A soma. Em 21 anos você nasce, cresce, entra para a escola, aprende o que tem para aprender e consegue se formar. No meio do caminho, consegue um primeiro emprego, faz um cursinho, presta vestibular para, então, iniciar a faculdade. O trabalho vira estágio, o estágio vira trabalho novamente, surge a chance de sair da casa dos pais e dividir apartamento com alguém.
A vida cresce, apresenta dificuldades, mas também possibilidades. Vinte e um anos se passaram e mais vinte e um estão por vir. Futuro? Casa própria, carro, um bom plano de saúde, filhos, viagens, investimentos, aposentadoria, sossego. Chegar aos 80 anos com um jardim de lembranças bem cultivadas.
A subtração. Em 21 anos você nasce, cresce logo cedo, às pressas, precisa ajudar em casa, estudar e não repetir porque a professora disse que correria o risco de puxar carroça. Antes de terminar a escola (se terminar) já necessita de emprego. Não tem plano de saúde, nem terapia. É tudo corrido, com pressa, sem massagem. Tropeça uma vírgula na outra —entre uma pausa e outra— engasgando com a comida que não mastiga, só engole para ir rápido e estufar a barriga sempre no negativo.
Aos 21 é maior de idade. Tudo corrido e na correria há risco mesmo sem apresentar risco: um enquadro, um olhar torto, um temperamento alterado do outro lado da farda, uma forja, nenhum escudo para se proteger, rodou aos 21, rodou para sempre. Se chegar a completar duas décadas e um ano, é mistura de alívio com agonia renovada. Será que terá mais 21? Se tiver, serão seus últimos.
No extremo das geografias urbanas, um mapa revelou o buraco no qual caberia 21 anos de vida.

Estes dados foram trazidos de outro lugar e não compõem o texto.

// Write: the setup is judged and its text measured before the first byte goes out.
#![tactic(auto)]

ghost use Rattle.std.specs.Prelude.{◌≡◌, true, ℕ, ◌+◌, ◌≤◌, length, MatchResult};
ghost use Rattle.std.proofs.lemmas.List.Edits.{sets};
ghost use Rattle.setups.specs.Clauses.{clauses};
ghost use Rattle.setups.specs.Refusals.{number_of, ended};
ghost use Rattle.frames.specs.Code.Kinds.{byte_of_kind};
ghost use Rattle.write.specs.SetupText.{clause_lines, setup_text, text_length};
ghost use Rattle.write.specs.Write.{setup_refusal};
ghost use Rattle.write.specs.Writing.{Writes};

use frames::{Kind, put_frame};
use numbers::VARIABLES_MOST;
use setups::{HARD_BYTES_MOST, Refusal, SOFT_BYTES_MOST, clause_count, judge_clauses};

// How long the header's line is: two bytes of two digits, and LF.
const HEADER_LINE: usize = 5;

// Writes a line for each clause of a buffer, and tells the place after them.
fn put_clauses(text: &mut [u8], at: usize, kind: Kind, bytes: &[u8]) -> usize
    requires { (ended bytes.now ≡ true) × (at + length (clause_lines (byte_of_kind kind) (clauses bytes.now)) ≤ length text.old) }
    ensures { (result ≡ at + length (clause_lines (byte_of_kind kind) (clauses bytes.now))) × (text.new ≡ sets text.old at (clause_lines (byte_of_kind kind) (clauses bytes.now))) }
{
    let mut to = at;
    for clause in bytes.split_inclusive(|byte| *byte == 0) {
        let literals = &clause[..clause.len() - 1];
        put_frame(text, to, u8::from(kind), literals);
        to += 2 * literals.len() + 3;
    }
    to
}

// A setup that is refused for nothing but a text buffer that is too short: none of 1, 2, 4, 5, 6 and 7 is given.
#[derive(Clone, Copy)]
struct JudgedSetup<'a> {
    count: u32,
    hard: &'a [u8],
    soft: &'a [u8],
    ghost passes: { setup_refusal count hard.now soft.now 0 ≡ 0 },
}

impl<'a> JudgedSetup<'a> {
    // Judges a setup, whatever the text buffer.
    fn judge(count: u32, hard: &'a [u8], soft: &'a [u8]) -> Result<JudgedSetup<'a>, Refusal>
        ensures { MatchResult result (λ judged. (judged.count ≡ count) × (judged.hard ≡ hard.entry) × (judged.soft ≡ soft.entry)) (λ refusal. (rest : ℕ) → number_of refusal ≡ setup_refusal count hard.now soft.now rest) }
    {
        if VARIABLES_MOST < count as usize {
            return Err(Refusal::Vars);
        }
        if HARD_BYTES_MOST < hard.len() || SOFT_BYTES_MOST < soft.len() {
            return Err(Refusal::Size);
        }
        judge_clauses(count, hard, soft)?;
        Ok(JudgedSetup { count, hard, soft })
    }

    // How long its text is: "2 × literals + 3 × clauses + 8".
    #[tactic(auto, using(crate::proofs::Refusing::sizes), unfolding(crate::specs::SetupText::text_length))]
    fn text_length(&self) -> usize
        ensures { result ≡ text_length self.now.hard.now self.now.soft.now }
    {
        let clauses = clause_count(self.hard) + clause_count(self.soft);
        let literals = self.hard.len() + self.soft.len() - clauses;
        2 * literals + 3 * clauses + 8
    }

    // Writes the header, the hard clauses, the soft clauses and FF.
    #[tactic(auto, using(crate::proofs::Refusing::stores))]
    fn put(&self, text: &mut [u8])
        requires { length (setup_text self.now.count self.now.hard.now self.now.soft.now) ≤ length text.old }
        ensures { text.new ≡ sets text.old 0 (setup_text self.now.count self.now.hard.now self.now.soft.now) }
    {
        put_frame(text, 0, u8::from(Kind::Header), &[self.count as u8]);
        let after_hard = put_clauses(text, HEADER_LINE, Kind::Hard, self.hard);
        let after_soft = put_clauses(text, after_hard, Kind::Soft, self.soft);
        put_frame(text, after_soft, u8::from(Kind::End), &[]);
    }
}

// Writes a setup as lines of hexadecimal, and tells how many places of the text buffer it filled, or why it can't.
#[tactic(auto, using(crate::proofs::Refusing::answers))]
pub fn write(count: u32, hard: &[u8], soft: &[u8], text: &mut [u8]) -> Result<usize, Refusal>
    ensures { Writes count hard.now soft.now text.old result text.new }
{
    let judged = JudgedSetup::judge(count, hard, soft)?;
    let filled = judged.text_length();
    if text.len() < filled {
        return Err(Refusal::Room);
    }
    judged.put(text);
    Ok(filled)
}
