//! The lines for buffers that overflow or are not empty at least once a second, and for units that are late.

ghost use Rattle.std.specs.Prelude.{◌≡◌, ◌++◌, ◌^◌, ◌<◌, OnOk, option_map, string_bytes};
ghost use Rattle.plan_checker.specs.Refusals.{entry_of};
ghost use Rattle.plan_diagnosis.specs.ConditionLines as spec;

use crate::item_names::{write_name_of_stream, write_program_name, write_stream_name};
use crate::least_values::{write_key, write_least};
use crate::slot_conditions::write_claim;
use crate::stream_numbers::{GREATEST_LEAD, StreamNumber, key_of};
use clock27::{Rate, SLOT_SECONDS_AT_1BPS};
use description::Description;
use description_parts::StreamDescription;
use plan_checker::Refusal;
use std::alloc::AllocError;
use std::fmt::Write;

// Appends the room of a buffer, and the room that its slots need.
fn write_sizes(buffer: &str, room: u128, wanted: u128, text: &mut String) -> Result<(), AllocError>
    ensures { OnOk result (string_bytes text.new
        ≡ string_bytes text.old ++ spec.size_words buffer.now room wanted) }
{
    write!(text, "{buffer}{room} is less than {wanted} for its slots\n")
}

// Appends that a packet finds no room in a buffer.
fn write_room(
    buffer: &str,
    rate: Rate,
    refusal: Refusal,
    text: &mut String,
) -> Result<(), AllocError>
    ensures { OnOk result (string_bytes text.new
        ≡ string_bytes text.old ++ spec.room_words buffer.now rate (entry_of refusal)) }
{
    let rate = u128::from(rate.bits_per_second());
    write_sizes(
        buffer,
        refusal.right / rate,
        refusal.left.div_ceil(rate),
        text,
    )
}

// Appends that a buffer is never empty.
#[tactic(auto, unfolding(crate::specs::ConditionLines::never_empty_words))]
fn write_never_empty(buffer: &str, text: &mut String) -> Result<(), AllocError>
    ensures { OnOk result (string_bytes text.new ≡ string_bytes text.old ++ spec.never_empty_words buffer.now) }
{
    write!(text, "{buffer}is never empty\n")
}

// Appends in how many slots a buffer is empty once, and how many a second has.
fn write_seldom(
    buffer: &str,
    slots: u128,
    second: u128,
    text: &mut String,
) -> Result<(), AllocError>
    ensures { OnOk result (string_bytes text.new
        ≡ string_bytes text.old ++ spec.seldom_words buffer.now slots second) }
{
    write!(
        text,
        "{buffer}is empty only once in {slots} slots, and a second has {second}\n"
    )
}

// Appends that a buffer is empty less often than once a second.
fn write_seldom_empty(buffer: &str, refusal: Refusal, text: &mut String) -> Result<(), AllocError>
    ensures { OnOk result (string_bytes text.new
        ≡ string_bytes text.old ++ spec.seldom_empty_words buffer.now (entry_of refusal)) }
{
    let slot = u128::from(SLOT_SECONDS_AT_1BPS);
    write_seldom(buffer, refusal.left / slot, refusal.right / slot, text)
}

// Appends that a packet finds no room, that the claim of a peak or of a start is too little, or that a buffer is not
// empty at least once a second.
#[tactic(auto, unfolding(crate::specs::ConditionLines::buffer_words))]
fn write_buffer(
    buffer: &str,
    peak: &str,
    start: &str,
    rate: Rate,
    refusal: Refusal,
    text: &mut String,
) -> Result<(), AllocError>
    ensures { OnOk result (string_bytes text.new ≡ string_bytes text.old
        ++ spec.buffer_words buffer.now peak.now start.now rate (entry_of refusal)) }
{
    match refusal.part {
        1 => write_room(buffer, rate, refusal, text),
        2 => write_claim(peak, refusal.right, refusal.left, text),
        3 => write_claim(start, refusal.right, refusal.left, text),
        4 => write_never_empty(buffer, text),
        _ => write_seldom_empty(buffer, refusal, text),
    }
}

/// Appends the line of a transport buffer: streams and programs have one row of numbers.
pub fn write_transport(
    description: &Description,
    refusal: Refusal,
    text: &mut String,
) -> Result<(), AllocError>
    ensures { OnOk result (string_bytes text.new
        ≡ string_bytes text.old ++ spec.transport_line description.now (entry_of refusal)) }
{
    let (rate, item) = (description.rate(), refusal.item as usize);
    let (buffer, streams) = (" transport buffer ", description.streams().len());
    if item < streams {
        write_stream_name(description, item, text)?;
        write_buffer(buffer, "peak", "start", rate, refusal, text)
    } else {
        write_program_name(description, item - streams, text)?;
        write_buffer(buffer, "tpeak", "tstart", rate, refusal, text)
    }
}

/// Appends the line of a program's system buffer.
pub fn write_system(
    description: &Description,
    refusal: Refusal,
    text: &mut String,
) -> Result<(), AllocError>
    ensures { OnOk result (string_bytes text.new
        ≡ string_bytes text.old ++ spec.system_line description.now (entry_of refusal)) }
{
    write_program_name(description, refusal.item as usize, text)?;
    write_buffer(
        " system buffer ",
        "bpeak",
        "bstart",
        description.rate(),
        refusal,
        text,
    )
}

/// Appends the line of a stream's multiplexing buffer.
pub fn write_multiplexing(
    description: &Description,
    refusal: Refusal,
    text: &mut String,
) -> Result<(), AllocError>
    ensures { OnOk result (string_bytes text.new
        ≡ string_bytes text.old ++ spec.multiplexing_line description.now (entry_of refusal)) }
{
    write_stream_name(description, refusal.item as usize, text)?;
    write_buffer(
        " multiplexing buffer ",
        "mpeak",
        "mstart",
        description.rate(),
        refusal,
        text,
    )
}

// Returns the time from the first to the last of the units in a row, in units of 90 kHz.
fn time_of_row(refusal: Refusal, stream: &StreamDescription) -> u128
    ensures time { result ≡ spec.time_of_row (entry_of refusal) stream.now }
    ensures bound { result < 2 ^ 64 }
{
    u128::from(refusal.part.max(1) - 1) * u128::from(stream.interval)
}

// Returns the least lead that keeps the condition, in units of 90 kHz.
fn lead_for(refusal: Refusal, stream: &StreamDescription) -> u128
    ensures { result ≡ spec.lead_for (entry_of refusal) stream.now }
{
    let time = time_of_row(refusal, stream);
    let share = (refusal.right / (u128::from(stream.lead) + time).max(1)).max(1);
    refusal.left.div_ceil(share).saturating_sub(time)
}

// Appends how many units in a row are late.
#[tactic(auto, unfolding(crate::specs::ConditionLines::row_words))]
fn write_row(units: u8, text: &mut String) -> Result<(), AllocError>
    ensures { OnOk result (string_bytes text.new ≡ string_bytes text.old ++ spec.row_words units) }
{
    write!(text, " for {units} in a row\n")
}

// Appends a lead and the least that would do.
#[tactic(auto, unfolding(crate::specs::ConditionLines::least_lead_words))]
fn write_least_lead(lead: u128, least: u128, text: &mut String) -> Result<(), AllocError>
    ensures { OnOk result (string_bytes text.new ≡ string_bytes text.old ++ spec.least_lead_words lead least) }
{
    write_key(key_of(StreamNumber::Lead), lead, text)?;
    write_least(least, GREATEST_LEAD, text)
}

// Returns the units in a row of a condition.
fn units_in_row(refusal: Refusal) -> u8
    ensures { result ≡ spec.units_in_row (entry_of refusal) }
{
    refusal.part.max(1)
}

// Appends the lead of a stream and the least lead that keeps a condition.
fn write_lead_words(
    refusal: Refusal,
    stream: &StreamDescription,
    text: &mut String,
) -> Result<(), AllocError>
    ensures { OnOk result (string_bytes text.new
        ≡ string_bytes text.old ++ spec.lead_words (entry_of refusal) stream.now) }
{
    write_least_lead(u128::from(stream.lead), lead_for(refusal, stream), text)?;
    write_row(units_in_row(refusal), text)
}

/// Appends the line of a stream whose units are late.
#[tactic(auto, unfolding(crate::specs::ConditionLines::stream_lead_line))]
pub fn write_lead(
    refusal: Refusal,
    stream: Option<&StreamDescription>,
    text: &mut String,
) -> Result<(), AllocError>
    ensures { OnOk result (string_bytes text.new ≡ string_bytes text.old
        ++ spec.stream_lead_line (entry_of refusal) (option_map (λ s. s.now) stream.entry)) }
{
    let Some(stream) = stream else {
        return Ok(());
    };
    write_name_of_stream(refusal.item as usize, Some(stream), text)?;
    write_lead_words(refusal, stream, text)
}
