//! Buffered input whose unread bytes a caller can look at without blocking.
//!
//! `HeldInput` is a `Source` that shows the bytes it holds: its next reads give these bytes, and call no device.
//! `BufferedInput` is a `HeldInput` with a buffer; a `Counted` holds no bytes.
//!
//! Definitions are in `specs/`: `Holding` says what a `BufferedInput` shows, and what a read of held bytes leaves of
//! it.
#![tactic(auto)]

mod buffered;
mod held;

pub use buffered::BufferedInput;
pub use held::HeldInput;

A fissura que divide literaturas vivas e cotidianas —escritas nos cantos que ninguém lê— das epopeias enclausuradas nas mansões dos herdeiros trajados de heróis define de quem se subtrai e a quem se soma.
O que eu quero para 2023? Quero 21 anos de volta.
Neste 2022 prestes a se findar, divulgou-se mais uma edição do Mapa da Desigualdade, iniciativa da Rede Nossa São Paulo em parceria com outras instituições. Nele, diversos marcadores traçam os caminhos pelos quais os olhos do dia a dia já não percebem a realidade latente: a das distâncias sociais. Distâncias essas que chamam atenção para o fator primordial da humanidade contido no direito de existir com dignidade. Existir com chances de permanecer existindo.
No estudo, a longa lista com a expectativa de vida nos bairros de São Paulo revela uma diferença de 21 anos entre quem vive nos Jardins até os 80 e quem morre em Iguatemi aos 59. Iguatemi, zona leste, próximo ao município de Santo André. Cidade Tiradentes, Jardim Ângela e São Rafael também, 59 anos. Extremos demais para que o poder público vá além da lógica biopolítica de se fazer viver um grupo e deixar o outro morrer.
Escrever, refletir, seguir abordando temas que nunca variam. Na constante composição de textos que atuam como registros do status quo por outra perspectiva que não a fria e exclusivamente descritiva, não nos resta muito senão buscar em nossa própria diversidade estratégias de sobreviver com 21 anos a menos. Nós, os pais, filhos, amigas, irmãs, povo que, como versou o Trilha Sonora do Gueto, é "programado para morrer". Parece até privilégio poder morrer de morte morrida, como diriam as avós.
No próximo ano e nos 21 adiante o que se quer é o mínimo. Fora das redes sociais ou do jornalismo que se rendeu à vontade de financiadores de golpes e adultos mimados a pautar periódicos como se fossem seus diários pessoais, tem toda uma gente cuja morte precoce é esperada e ainda assim permanece em luta. Gente que não tem tempo para se importar com reação do mercado, que não chamaria de gastança R$ 600 para comida, água, luz, nem qualquer outro valor a garantir remédios gratuitos, reforço na educação, acesso à dignidade, à vida. Gente cheia de expectativa que tem o direito de tomar de volta 21 anos roubados, substituindo a vela do funeral pela do aniversário.
É o que queremos para 2023. Vinte e um anos de volta.